We already tried a small version of this on low-stakes events, like a log loss alert, which is a perfect warm-up. A source stops sending logs, the alert pops, the model ingests everything tied to that source, runs a pile of queries, and comes back with a read: known issue or not. Maybe it is a maintenance window the client runs every two months and has already declared, in which case the alert qualifies itself.
The interesting part is pushing that same reasoning toward heavier signals. Picture a SAM dump alert, the kind of thing that is critical by default. Instead of paging someone immediately, the model pulls the context, notices that it lines up with an authorized credential-hygiene audit the client’s own team had scheduled and documented, and legitimizes the action with the evidence to back it. Same event, very different verdict, and the analyst gets a qualified case instead of a raw alarm.

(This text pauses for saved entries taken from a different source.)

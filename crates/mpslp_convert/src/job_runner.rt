//! The jobs of the program, between sources and sinks.

ghost use Rattle.std.specs.Prelude.{◌≡◌, ℕ, List, None, true};
ghost use Rattle.mpslp_conversions.specs.Conversions.{IsComparison};
ghost use Rattle.mpslp_conversions.specs.Feeding.{IsModelOrFault};
ghost use Rattle.mpslp_conversions.specs.Runs.{ReadsWithin};
ghost use Rattle.mpslp_conversions.specs.ShownText.{shown_text};
ghost use Rattle.mpslp_convert.specs.Performed.{source_change, sink_change, IsRunDone, IsSaid, IsSecondDone, IsSameDone, IsDone, IsPerformed};
ghost use Rattle.mpslp_write.specs.ByForm.{declares_in, first_fault_in, unfit_in, text_in};

use crate::job_end::{Failure, Input, ended_by, print, refuse, status_of_end};
use mpslp_command::{Job, JobFault};
use mpslp_conversions::{ConvertFault, read_text, run_seeded, show_seeded};
use mpslp_model::{FIXED_SEED, Fault, Format, HashSeed, Model, Sink, Source};
use mpslp_types::Form;
use mpslp_write::{Lp, Mps};
use std::alloc::Global;

/// Writes the canonical text of the model that a source declares.
fn canon<R: Source, W: Sink>(
    alloc: Global,
    seed: HashSeed,
    max_bytes: u64,
    from: Form,
    to: Form,
    source: &mut R,
    out: &mut W,
) -> Result<u8, Failure>
    ensures answer { IsRunDone (declares_in from) (first_fault_in from) (unfit_in to) (text_in to) max_bytes
        (source_change R.Source source.old source.new) (sink_change W.Sink out.old out.new) result }
    ensures source { ReadsWithin R.left R.failed R.count max_bytes source.old source.new }
    ensures out_stays { W.failed out.old ≡ true → W.failed out.new ≡ true }
{
    match (from, to) {
        (Form::Mps, Form::Mps) => ended_by(
            0,
            run_seeded::<Mps, Mps, R, W>(alloc, seed, max_bytes, source, out),
        ),
        (Form::Mps, Form::Lp) => ended_by(
            0,
            run_seeded::<Mps, Lp, R, W>(alloc, seed, max_bytes, source, out),
        ),
        (Form::Lp, Form::Mps) => ended_by(
            0,
            run_seeded::<Lp, Mps, R, W>(alloc, seed, max_bytes, source, out),
        ),
        (Form::Lp, Form::Lp) => ended_by(
            0,
            run_seeded::<Lp, Lp, R, W>(alloc, seed, max_bytes, source, out),
        ),
    }
}

/// Writes the text that shows the model that a source declares.
fn show_in<R: Source, W: Sink>(
    alloc: Global,
    seed: HashSeed,
    max_bytes: u64,
    from: Form,
    source: &mut R,
    out: &mut W,
) -> Result<u8, Failure>
    ensures answer { IsRunDone (declares_in from) (first_fault_in from) (λ m. None) shown_text max_bytes
        (source_change R.Source source.old source.new) (sink_change W.Sink out.old out.new) result }
    ensures source { ReadsWithin R.left R.failed R.count max_bytes source.old source.new }
    ensures out_stays { W.failed out.old ≡ true → W.failed out.new ≡ true }
{
    match from {
        Form::Mps => ended_by(
            0,
            show_seeded::<Mps, R, W>(alloc, seed, max_bytes, source, out),
        ),
        Form::Lp => ended_by(
            0,
            show_seeded::<Lp, R, W>(alloc, seed, max_bytes, source, out),
        ),
    }
}

/// Whether two texts declare the same model, from what was read of each. An error of the first text is reported first.
fn same_of<A: Format, B: Format>(
    one: Result<Model, Fault>,
    other: Result<Model, Fault>,
) -> Result<bool, ConvertFault>
    ensures { (first second : List ℕ) → IsModelOrFault A.declares A.first_fault first one → IsModelOrFault B.declares B.first_fault second other
        → IsComparison A.declares A.first_fault B.declares B.first_fault first second result }
{
    match one {
        Ok(one) => match other {
            Ok(other) => Ok(one.same(&other)),
            Err(fault) => Err(ConvertFault::Second(fault)),
        },
        Err(fault) => Err(ConvertFault::First(fault)),
    }
}

/// Prints the result of a comparison.
fn print_comparison<W: Sink>(same: Result<bool, ConvertFault>, out: &mut W) -> Result<u8, Failure>
    ensures answer { IsSaid (sink_change W.Sink out.old out.new) same result }
    ensures out_stays { W.failed out.old ≡ true → W.failed out.new ≡ true }
{
    match same {
        Ok(true) => ended_by(0, print(b"same\n", out)),
        Ok(false) => ended_by(1, print(b"not the same\n", out)),
        Err(fault) => Err(Failure::of_comparison(fault)),
    }
}

/// Prints whether two sources declare the same model. Both are read to their ends before an error in a text is reported.
fn compare<A: Format, B: Format, R: Source, S: Source, W: Sink>(
    alloc: Global,
    seed: HashSeed,
    max_bytes: u64,
    first: &mut R,
    second: &mut S,
    out: &mut W,
) -> Result<u8, Failure>
    ensures answer { IsSameDone A.declares A.first_fault B.declares B.first_fault max_bytes
        (source_change R.Source first.old first.new) (source_change S.Source second.old second.new) (sink_change W.Sink out.old out.new) result }
    ensures first { ReadsWithin R.left R.failed R.count max_bytes first.old first.new }
    ensures second { ReadsWithin S.left S.failed S.count max_bytes second.old second.new }
    ensures out_stays { W.failed out.old ≡ true → W.failed out.new ≡ true }
{
    let one = match read_text::<A, R>(alloc, seed, max_bytes, first) {
        Ok(one) => one,
        Err(fault) => return Err(Failure::new(Input::First, fault)),
    };
    let other = match read_text::<B, S>(alloc, seed, max_bytes, second) {
        Ok(other) => other,
        Err(fault) => return Err(Failure::new(Input::Second, fault)),
    };
    print_comparison(same_of::<A, B>(one, other), out)
}

/// Prints whether two sources, each in its own format, declare the same model.
fn same<R: Source, S: Source, W: Sink>(
    alloc: Global,
    seed: HashSeed,
    max_bytes: u64,
    first_format: Form,
    second_format: Form,
    first: &mut R,
    second: &mut S,
    out: &mut W,
) -> Result<u8, Failure>
    ensures answer { IsSameDone (declares_in first_format) (first_fault_in first_format) (declares_in second_format) (first_fault_in second_format) max_bytes
        (source_change R.Source first.old first.new) (source_change S.Source second.old second.new) (sink_change W.Sink out.old out.new) result }
    ensures first { ReadsWithin R.left R.failed R.count max_bytes first.old first.new }
    ensures second { ReadsWithin S.left S.failed S.count max_bytes second.old second.new }
    ensures out_stays { W.failed out.old ≡ true → W.failed out.new ≡ true }
{
    match (first_format, second_format) {
        (Form::Mps, Form::Mps) => compare::<Mps, Mps, R, S, W>(
            alloc, seed, max_bytes, first, second, out,
        ),
        (Form::Mps, Form::Lp) => compare::<Mps, Lp, R, S, W>(
            alloc, seed, max_bytes, first, second, out,
        ),
        (Form::Lp, Form::Mps) => compare::<Lp, Mps, R, S, W>(
            alloc, seed, max_bytes, first, second, out,
        ),
        (Form::Lp, Form::Lp) => compare::<Lp, Lp, R, S, W>(
            alloc, seed, max_bytes, first, second, out,
        ),
    }
}

/// Does a job.
fn do_job<R: Source, S: Source, W: Sink>(
    alloc: Global,
    seed: HashSeed,
    max_bytes: u64,
    job: &Job,
    first: &mut R,
    second: &mut S,
    out: &mut W,
) -> Result<u8, Failure>
    ensures answer { IsDone max_bytes
        (source_change R.Source first.old first.new) (source_change S.Source second.old second.new) (sink_change W.Sink out.old out.new) job.now result }
    ensures first { ReadsWithin R.left R.failed R.count max_bytes first.old first.new }
    ensures second { ReadsWithin S.left S.failed S.count max_bytes second.old second.new }
    ensures out_stays { W.failed out.old ≡ true → W.failed out.new ≡ true }
{
    match job {
        Job::Canon { from, to, path: _ } => canon(alloc, seed, max_bytes, *from, *to, first, out),
        Job::Same {
            first_format,
            first: _,
            second_format,
            second: _,
        } => same(
            alloc,
            seed,
            max_bytes,
            *first_format,
            *second_format,
            first,
            second,
            out,
        ),
        Job::Show { from, path: _ } => show_in(alloc, seed, max_bytes, *from, first, out),
    }
}

/// Does a job, or reports why the arguments are not a job, and returns the exit status of the program.
///
/// `canon` is [`run`] and `show` is [`show`], from the first source to `out`. `same` reads the first source to its end and
/// then the second, keeps both models but neither text, and writes `same` or `not the same` to `out`. Its result is that of
/// [`load`](crate::load) of each source and then of [`same_model`](crate::same_model), so an error in a text is reported only
/// after both sources have ended. A requested text (`--help`) is also written to `out`. `out` is flushed once after everything
/// is written. An error is reported on `err` in one line, which is not flushed; without an error nothing is written there.
/// Paths are ignored: the caller opens the inputs.
///
/// | status | when | written to `err` |
/// |---|---|---|
/// | 0 | done; the same model; a requested text | |
/// | 1 | not the same model | |
/// | 2 | a file was rejected | `line 7: DuplicateEntry`, `file: TooLong`, `row 3: NotLp`, .. |
/// | 3 | the arguments are not a job | clap's text, `unknown format: WORD`, `both inputs are -` |
/// | 4 | a read, a write or a flush failed | `read failed`, `write failed` |
/// | 5 | an allocation failed | `out of memory` |
///
/// If there are two inputs, the line of an error that belongs to one of them (a rejected file, one that is too long, a failed
/// read) starts with `first: ` or `second: `. The second source is read only by `same`, after the end of the first. No source
/// is read if the arguments are not a job. A failure of `err` does not change the status.
///
/// From each source at most `max_bytes + 1` bytes are requested, in at most as many calls. `out` is called at most once for
/// each byte of its text, and once to flush it; `err` at most once for each byte of its line. A device that has failed stays
/// failed.
pub fn perform<R: Source, S: Source, W: Sink, E: Sink>(
    alloc: Global,
    max_bytes: u64,
    job: &Result<Job, JobFault>,
    first: &mut R,
    second: &mut S,
    out: &mut W,
    err: &mut E,
) -> u8
    ensures answer { IsPerformed max_bytes
        (source_change R.Source first.old first.new) (source_change S.Source second.old second.new)
        (sink_change W.Sink out.old out.new) (sink_change E.Sink err.old err.new) job.now result }
    ensures first { ReadsWithin R.left R.failed R.count max_bytes first.old first.new }
    ensures second { ReadsWithin S.left S.failed S.count max_bytes second.old second.new }
    ensures out_stays { W.failed out.old ≡ true → W.failed out.new ≡ true }
    ensures err_stays { E.failed err.old ≡ true → E.failed err.new ≡ true }
{
    perform_seeded::<R, S, W, E>(alloc, FIXED_SEED, max_bytes, job, first, second, out, err)
}

/// As [`perform`], with a seed for the hashes of names. Only the time of the call depends on the seed.
pub fn perform_seeded<R: Source, S: Source, W: Sink, E: Sink>(
    alloc: Global,
    seed: HashSeed,
    max_bytes: u64,
    job: &Result<Job, JobFault>,
    first: &mut R,
    second: &mut S,
    out: &mut W,
    err: &mut E,
) -> u8
    ensures answer { IsPerformed max_bytes
        (source_change R.Source first.old first.new) (source_change S.Source second.old second.new)
        (sink_change W.Sink out.old out.new) (sink_change E.Sink err.old err.new) job.now result }
    ensures first { ReadsWithin R.left R.failed R.count max_bytes first.old first.new }
    ensures second { ReadsWithin S.left S.failed S.count max_bytes second.old second.new }
    ensures out_stays { W.failed out.old ≡ true → W.failed out.new ≡ true }
    ensures err_stays { E.failed err.old ≡ true → E.failed err.new ≡ true }
{
    match job {
        Ok(job) => {
            let end = do_job(alloc, seed, max_bytes, job, first, second, out);
            status_of_end(&end, err)
        }
        Err(fault) => refuse(fault, out, err),
    }
}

The list of things you could build on top of this is close to endless. We will see if next year I have an improvement worth bringing back to the FIC stage.
If you want the full server breakdown, the rule generation engine, and the hallucination mitigation design in detail, I wrote it up here: Purple Team: quand l’IA orchestre la défense.
Thanks to everyone who came to the talk and pushed back on the ideas. That is the best part of these events.